> _Exercise requirements_:
All lines from the one with "(Kind::Mark(mark), Is::Mark(other)) =>" to the end of the data: return those exactly, and only those.

Collected data entries:
....................

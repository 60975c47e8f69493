//! What tokens a text is to have, and whether it has them.

use mesa_base::Place;
use mesa_lexer::{Kind, Mark, Token, Word, tokens};
use std::alloc::Global;
use std::test::Fail;

#[derive(Clone, Copy)]
pub enum Is<'a> {
    Name(&'a [u8]),
    Word(Word),
    Number(u32),
    Char(u8),
    Text(&'a [u8]),
    Mark(Mark),
}

/// Whether a place is the one of this token, line and column.
pub fn is_at(place: Place, token: u32, line: u32, column: u32) -> bool {
    place.token == token && place.line == line && place.column == column
}

fn is_like(token: &Token, wanted: Is<'_>) -> bool {
    match (&token.kind, wanted) {
        (Kind::Name(name), Is::Name(bytes)) => name.bytes() == bytes,
        (Kind::Word(word), Is::Word(other)) => *word == other,
        (Kind::Number(number), Is::Number(other)) => *number == other,
        (Kind::Char(code), Is::Char(other)) => *code == other,
        (Kind::Text(text), Is::Text(bytes)) => text.as_slice() == bytes,
        (Kind::Mark(mark), Is::Mark(other)) => *mark == other,
        _ => false,
    }
}

/// Whether the text has these tokens and no other.
pub fn reads(alloc: Global, text: &[u8], wanted: &[Is<'_>]) -> Result<bool, Fail> {
    let found = tokens(alloc, text).ok().ok_or("a fault")?;
    let mut are = found.len() == wanted.len();
    for (i, other) in wanted.iter().enumerate() {
        are = are && found.get(i).is_some_and(|token| is_like(token, *other));
    }
    Ok(are)
}

/// Whether the text has these marks and no other token.
pub fn reads_marks(alloc: Global, text: &[u8], wanted: &[Mark]) -> Result<bool, Fail> {
    let found = tokens(alloc, text).ok().ok_or("a fault")?;
    let mut are = found.len() == wanted.len();
    for (i, mark) in wanted.iter().enumerate() {
        are = are
            && found
                .get(i)
                .is_some_and(|token| is_like(token, Is::Mark(*mark)));
    }
    Ok(are)
}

....................

> _Answer_:
        (Kind::Mark(mark), Is::Mark(other)) => *mark == other,
        _ => false,
    }
}

/// Whether the text has these tokens and no other.
pub fn reads(alloc: Global, text: &[u8], wanted: &[Is<'_>]) -> Result<bool, Fail> {
    let found = tokens(alloc, text).ok().ok_or("a fault")?;
    let mut are = found.len() == wanted.len();
    for (i, other) in wanted.iter().enumerate() {
        are = are && found.get(i).is_some_and(|token| is_like(token, *other));
    }
    Ok(are)
}

/// Whether the text has these marks and no other token.
pub fn reads_marks(alloc: Global, text: &[u8], wanted: &[Mark]) -> Result<bool, Fail> {
    let found = tokens(alloc, text).ok().ok_or("a fault")?;
    let mut are = found.len() == wanted.len();
    for (i, mark) in wanted.iter().enumerate() {
        are = are
            && found
                .get(i)
                .is_some_and(|token| is_like(token, Is::Mark(*mark)));
    }
    Ok(are)
}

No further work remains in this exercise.